**** Available data ****

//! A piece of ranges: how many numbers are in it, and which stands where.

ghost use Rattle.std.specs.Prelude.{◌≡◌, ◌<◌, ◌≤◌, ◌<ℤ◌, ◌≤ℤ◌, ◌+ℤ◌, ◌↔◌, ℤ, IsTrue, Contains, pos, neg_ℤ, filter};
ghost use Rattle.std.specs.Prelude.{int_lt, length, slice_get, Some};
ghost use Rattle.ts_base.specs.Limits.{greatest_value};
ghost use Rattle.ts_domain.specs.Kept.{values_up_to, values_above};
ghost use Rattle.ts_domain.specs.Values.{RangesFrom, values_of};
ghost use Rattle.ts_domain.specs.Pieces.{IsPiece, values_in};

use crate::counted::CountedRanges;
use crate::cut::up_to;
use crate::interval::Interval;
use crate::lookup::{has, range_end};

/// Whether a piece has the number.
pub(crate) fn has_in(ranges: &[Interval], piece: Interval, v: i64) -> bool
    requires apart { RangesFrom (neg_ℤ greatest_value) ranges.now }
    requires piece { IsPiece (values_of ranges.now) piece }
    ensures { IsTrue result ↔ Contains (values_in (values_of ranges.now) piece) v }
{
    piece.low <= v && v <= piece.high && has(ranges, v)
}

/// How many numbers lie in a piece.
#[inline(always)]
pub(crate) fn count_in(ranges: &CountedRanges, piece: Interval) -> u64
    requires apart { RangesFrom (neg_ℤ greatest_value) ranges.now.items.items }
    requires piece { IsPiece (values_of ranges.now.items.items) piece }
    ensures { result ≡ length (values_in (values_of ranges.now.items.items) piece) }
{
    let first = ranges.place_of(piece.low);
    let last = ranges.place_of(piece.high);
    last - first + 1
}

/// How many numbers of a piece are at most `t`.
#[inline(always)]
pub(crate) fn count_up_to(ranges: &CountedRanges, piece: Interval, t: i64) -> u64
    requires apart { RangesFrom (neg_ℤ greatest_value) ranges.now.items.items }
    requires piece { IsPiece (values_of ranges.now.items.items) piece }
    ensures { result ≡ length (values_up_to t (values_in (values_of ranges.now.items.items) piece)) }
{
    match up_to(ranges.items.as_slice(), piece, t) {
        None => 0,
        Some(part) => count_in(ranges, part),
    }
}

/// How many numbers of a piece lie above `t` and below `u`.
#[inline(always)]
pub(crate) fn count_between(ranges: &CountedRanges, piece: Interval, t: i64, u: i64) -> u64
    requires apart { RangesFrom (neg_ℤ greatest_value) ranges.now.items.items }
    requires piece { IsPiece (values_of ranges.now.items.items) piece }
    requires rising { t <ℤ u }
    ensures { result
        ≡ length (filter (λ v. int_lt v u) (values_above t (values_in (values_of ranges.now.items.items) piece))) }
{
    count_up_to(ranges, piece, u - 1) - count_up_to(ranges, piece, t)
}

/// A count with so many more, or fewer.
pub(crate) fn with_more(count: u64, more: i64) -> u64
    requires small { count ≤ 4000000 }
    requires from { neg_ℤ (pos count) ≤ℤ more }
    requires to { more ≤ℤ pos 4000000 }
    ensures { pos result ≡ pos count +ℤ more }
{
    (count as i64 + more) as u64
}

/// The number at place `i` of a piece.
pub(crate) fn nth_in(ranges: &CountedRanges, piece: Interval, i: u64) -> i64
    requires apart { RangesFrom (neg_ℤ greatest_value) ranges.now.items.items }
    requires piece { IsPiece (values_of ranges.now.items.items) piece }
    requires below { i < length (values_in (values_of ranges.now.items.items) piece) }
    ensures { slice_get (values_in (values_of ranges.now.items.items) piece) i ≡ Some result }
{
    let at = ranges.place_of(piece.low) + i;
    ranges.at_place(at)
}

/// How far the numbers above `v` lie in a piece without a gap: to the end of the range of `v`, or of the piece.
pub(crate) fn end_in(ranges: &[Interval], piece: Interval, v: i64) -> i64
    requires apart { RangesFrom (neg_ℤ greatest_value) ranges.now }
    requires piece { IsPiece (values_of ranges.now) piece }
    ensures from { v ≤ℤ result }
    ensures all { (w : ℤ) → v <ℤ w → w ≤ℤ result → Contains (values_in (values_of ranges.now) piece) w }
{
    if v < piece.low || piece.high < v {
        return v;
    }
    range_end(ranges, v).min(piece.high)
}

****
**** Available data ****

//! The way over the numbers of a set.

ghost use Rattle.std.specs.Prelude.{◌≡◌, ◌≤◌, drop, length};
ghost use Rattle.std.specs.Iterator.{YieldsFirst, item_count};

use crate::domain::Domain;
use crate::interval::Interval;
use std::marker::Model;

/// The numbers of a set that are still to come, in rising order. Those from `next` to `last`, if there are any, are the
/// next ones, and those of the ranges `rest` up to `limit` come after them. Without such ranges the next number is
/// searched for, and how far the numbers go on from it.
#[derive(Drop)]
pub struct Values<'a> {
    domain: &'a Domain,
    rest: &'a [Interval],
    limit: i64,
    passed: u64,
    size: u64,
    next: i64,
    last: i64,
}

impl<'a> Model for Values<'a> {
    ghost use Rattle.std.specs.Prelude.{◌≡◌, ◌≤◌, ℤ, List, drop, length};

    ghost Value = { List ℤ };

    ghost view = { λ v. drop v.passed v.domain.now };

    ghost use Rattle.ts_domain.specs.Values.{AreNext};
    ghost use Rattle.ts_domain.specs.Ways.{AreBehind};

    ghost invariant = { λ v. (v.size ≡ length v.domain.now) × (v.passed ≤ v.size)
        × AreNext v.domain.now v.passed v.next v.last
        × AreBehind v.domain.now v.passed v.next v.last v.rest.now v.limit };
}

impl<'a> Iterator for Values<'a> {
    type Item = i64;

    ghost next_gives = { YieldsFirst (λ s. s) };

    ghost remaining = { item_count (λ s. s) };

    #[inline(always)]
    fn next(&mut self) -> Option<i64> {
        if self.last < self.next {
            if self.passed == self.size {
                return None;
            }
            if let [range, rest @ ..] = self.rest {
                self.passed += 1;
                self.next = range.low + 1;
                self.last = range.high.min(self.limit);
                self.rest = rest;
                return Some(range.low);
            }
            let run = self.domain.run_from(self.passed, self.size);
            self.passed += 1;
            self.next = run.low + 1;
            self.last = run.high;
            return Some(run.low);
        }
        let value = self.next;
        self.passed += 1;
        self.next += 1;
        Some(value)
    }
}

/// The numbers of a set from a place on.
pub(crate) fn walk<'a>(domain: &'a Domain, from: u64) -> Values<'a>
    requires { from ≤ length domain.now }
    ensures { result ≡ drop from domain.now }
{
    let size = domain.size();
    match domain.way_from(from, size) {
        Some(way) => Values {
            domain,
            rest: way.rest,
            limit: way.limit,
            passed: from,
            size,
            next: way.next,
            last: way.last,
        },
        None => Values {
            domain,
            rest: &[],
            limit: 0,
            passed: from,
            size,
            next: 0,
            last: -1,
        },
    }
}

****

Every line above with the string "numbers" in it needs to be copied.

§ Exercise output:
//! A piece of ranges: how many numbers are in it, and which stands where.
/// How many numbers lie in a piece.
/// How many numbers of a piece are at most `t`.
/// How many numbers of a piece lie above `t` and below `u`.
/// How far the numbers above `v` lie in a piece without a gap: to the end of the range of `v`, or of the piece.
//! The way over the numbers of a set.
/// The numbers of a set that are still to come, in rising order. Those from `next` to `last`, if there are any, are the
/// searched for, and how far the numbers go on from it.
/// The numbers of a set from a place on.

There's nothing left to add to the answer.